How Colossal’s mission is advancing the future of de-extinction and species restoration through cutting-edge bioscience and collaboration

If you ask someone which extinct animal they’d bring back, the answers tend to come quickly – the woolly mammoth, the dodo, the dire wolf. These instinctive responses reveal something important about human nature: we recognise the value of the species we have lost, and we are increasingly aware of the accelerating decline of those that remain. Today, that awareness is shaping one of the most ambitious scientific movements of our time.

Colossal Biosciences is the world’s first de-extinction and species restoration company, pioneering a new era where biotechnology and conservation work hand in hand. While extinction has always been part of Earth’s story, the pace at which species are disappearing today is unprecedented. Habitat loss, climate disruption, pollution, poaching, and shrinking genetic diversity are pushing ecosystems past their tipping points. It’s thought that by 2050, half of all species could be lost. The crisis is vast, but so is our capacity for innovation, and it is within this gap that Colossal is building entirely new tools for ecological restoration; tools designed not only to prevent further loss, but ultimately to support rewilding efforts that return species to functioning ecosystems.

A prime example of this is the American red wolf, which illustrates why such innovation is urgently needed. With fewer than twenty individuals left in the wild, and all modern wolves descending from just fourteen founders, the species faces an extreme genetic bottleneck. Traditional conservation alone cannot restore the genetic diversity required for long-term survival. Colossal has confronted this challenge directly, applying technologies initially developed for the restoration of the dire wolf to modern conservation. The successful cloning of red wolf pups, including Neka Kayda the world’s first, in 2024, demonstrated that genetic rescue is both feasible and transformative. These breakthroughs offer a viable route for expanding the species’ genetic base and strengthening its prospects for long-term reintroduction and rewilding across its native range.

However, Colossal’s approach extends beyond scientific achievement. The company’s work is grounded in cross-disciplinary collaboration with conservation groups, leading researchers, and Indigenous communities. Partnerships with the Karankawa tribe of Texas, for example, highlight the cultural significance of species restoration and underline the importance of integrating scientific, ecological, and community perspectives. This model ensures that technological progress is matched by ethical diligence and cultural relevance.
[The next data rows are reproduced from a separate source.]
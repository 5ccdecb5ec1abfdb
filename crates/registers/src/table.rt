ghost use Rattle.std.specs.Prelude.{◌≡◌, ◌≤◌, length};

use crate::entering::enter;
use crate::store::{Store, holds, holds_nothing};
use record::Record;
use refusal::Refusal;
use register::Register;

/// A register over records that the caller lends. It is scanned and written in place: a new
/// statement goes to the lowest free place, and nothing else of the caller's memory changes.
#[derive(Drop)]
pub struct Table<'a> {
    // What the caller lends is written in place, so its length stands beside it.
    places: &'a mut [Record],
    // How many of the places are used, the first ones.
    used: usize,
    ghost fits: { used ≤ length places.now },
}

impl<'a> Table<'a> {
    ghost use Rattle.register.specs.Sets.{nothing};
    ghost use Rattle.registers.specs.Tables.{table_held, table_free};

    /// An empty register over these places, whatever they hold. Each is a free place.
    pub fn new(places: &'a mut [Record]) -> Table<'a>
        ensures held { table_held result ≡ nothing }
        ensures free { table_free result ≡ length places.old }
        ensures used { result.used ≡ 0 }
        ensures places { result.places.now ≡ places.old }
        ensures lent { result.places.ghost_name ≡ places.entry.ghost_name }
    {
        Table { places, used: 0 }
    }
}

impl<'a> Store for Table<'a> {
    ghost use Rattle.registers.specs.Tables.{table_records, table_free, table_memory, table_stores};

    ghost records = { table_records };

    ghost room = { table_free };

    ghost Appends = { λ t r t'. table_memory t' ≡ table_stores (table_memory t) r };

    fn records(&self) -> &[Record] {
        &self.places[..self.used]
    }

    fn is_full(&self) -> bool {
        self.used == self.places.len()
    }

    fn append(&mut self, r: Record) {
        self.places[self.used] = r;
        self.used += 1;
    }
}

impl<'a> Register for Table<'a> {
    ghost use Rattle.registers.specs.Tables.{TableMemory, table_held, table_free, table_memory, table_stores};

    ghost held = { table_held };

    ghost free = { table_free };

    ghost Memory = { TableMemory };

    ghost memory = { table_memory };

    ghost stores = { table_stores };

    fn ask(&self, r: &Record) -> bool {
        holds(self.records(), r)
    }

    fn is_empty(&self) -> bool {
        holds_nothing(self.records())
    }

    fn enter(&mut self, r: &Record) -> Result<(), Refusal> {
        enter(self, r)
    }
}
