ghost use Rattle.std.specs.Prelude.{◌≡◌, ◌+◌, ◌∷◌, [], ◌++◌};

use crate::entering::enter;
use crate::store::{Store, holds, holds_nothing};
use arrayvec::ArrayVec;
use record::Record;
use refusal::Refusal;
use register::Register;

const PLACES: usize = 16;

impl Store for ArrayVec<Record, PLACES> {
    ghost use Rattle.registers.specs.Sheets.{sheet_free};

    ghost records = { λ t. t.items };

    ghost room = { sheet_free };

    ghost Appends = { λ t r t'. t'.items ≡ t.items ++ r ∷ [] };

    fn records(&self) -> &[Record] {
        self.as_slice()
    }

    fn is_full(&self) -> bool {
        ArrayVec::is_full(self)
    }

    fn append(&mut self, r: Record) {
        self.push(r);
    }
}

/// A register with 16 places more than the one below it. They are used once that one is full.
#[derive(Drop)]
pub struct SpareSheet<R> {
    below: R,
    sheet: ArrayVec<Record, PLACES>,
}

impl<R: Register> SpareSheet<R> {
    ghost use Rattle.register.specs.Sets.{nothing};
    ghost use Rattle.registers.specs.Sheets.{sheet_held, spare_held, spare_free};

    /// Lays an empty sheet over a register: the set stays, and there are 16 free places more.
    pub fn new(below: R) -> SpareSheet<R>
        ensures held { spare_held R.Register result ≡ R.held below }
        ensures free { spare_free R.Register result ≡ R.free below + 16 }
        ensures below { result.below ≡ below }
        ensures sheet { sheet_held result.sheet ≡ nothing }
    {
        SpareSheet {
            below,
            sheet: ArrayVec::new(),
        }
    }
}

impl<R: Register> Register for SpareSheet<R> {
    ghost use Rattle.std.specs.List.{fold};
    ghost use Rattle.register.specs.Sets.{addition, EnteredInto};
    ghost use Rattle.registers.specs.Sheets.{SheetMemory, spare_held, spare_free, spare_memory, spare_stores, BelowFirst};

    ghost held = { spare_held R.Register };

    ghost free = { spare_free R.Register };

    ghost Memory = { SheetMemory R.Memory };

    ghost memory = { spare_memory R.Register };

    ghost stores = { spare_stores R.Register };

    fn ask(&self, r: &Record) -> bool {
        self.below.ask(r) || holds(self.sheet.records(), r)
    }

    fn is_empty(&self) -> bool {
        self.below.is_empty() && holds_nothing(self.sheet.records())
    }

    /// A new statement is entered below. The sheet takes it only if the register below refuses it.
    fn enter(&mut self, r: &Record) -> Result<(), Refusal>
        ensures entered { let held = spare_held R.Register in
            let free = spare_free R.Register in
            EnteredInto (held self.old) (free self.old) r.now result
            (held self.new) (free self.new) }
        ensures memory { let held = spare_held R.Register self.old in
            let added = addition held (spare_free R.Register self.old) r.now in
            spare_memory R.Register self.new
            ≡ fold (spare_stores R.Register) (spare_memory R.Register self.old) added }
        ensures order { BelowFirst R.Register self.old r.now self.new }
    {
        if holds(self.sheet.records(), r) {
            return Ok(());
        }
        if self.below.enter(r).is_ok() {
            return Ok(());
        }
        enter(&mut self.sheet, r)
    }
}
Importantly, the company’s ambitions are not limited to a single species. Colossal is continuing to advance de-extinction projects involving the woolly mammoth, Tasmanian tiger, dodo, and moa, demonstrating capabilities across mammalian, avian, and marsupial biology. Each project contributes knowledge and tools that strengthen contemporary conservation and future rewilding strategies. The establishment of the non profit Colossal Foundation and the global BioVault biobanking network further exemplifies this commitment, creating long-term infrastructure for the preservation of endangered genetic materials.

As with any frontier field, challenges remain. Biodiversity loss continues to outpace the development of conservation solutions; regulatory frameworks are fragmented; and public understanding of de-extinction science is often shaped by speculation rather than evidence. Yet Colossal’s achievements suggest a turning point. By merging cutting-edge biotechnology with conservation practice, the company is helping to build a future in which ecological restoration and rewilding become both scalable and impactful.

The central message is both pragmatic and hopeful: extinction need not be permanent. With ingenuity, collaboration, and sustained scientific commitment, it is possible not only to prevent further loss but to restore resilience to ecosystems worldwide. 

So, which animal would you like to see come back?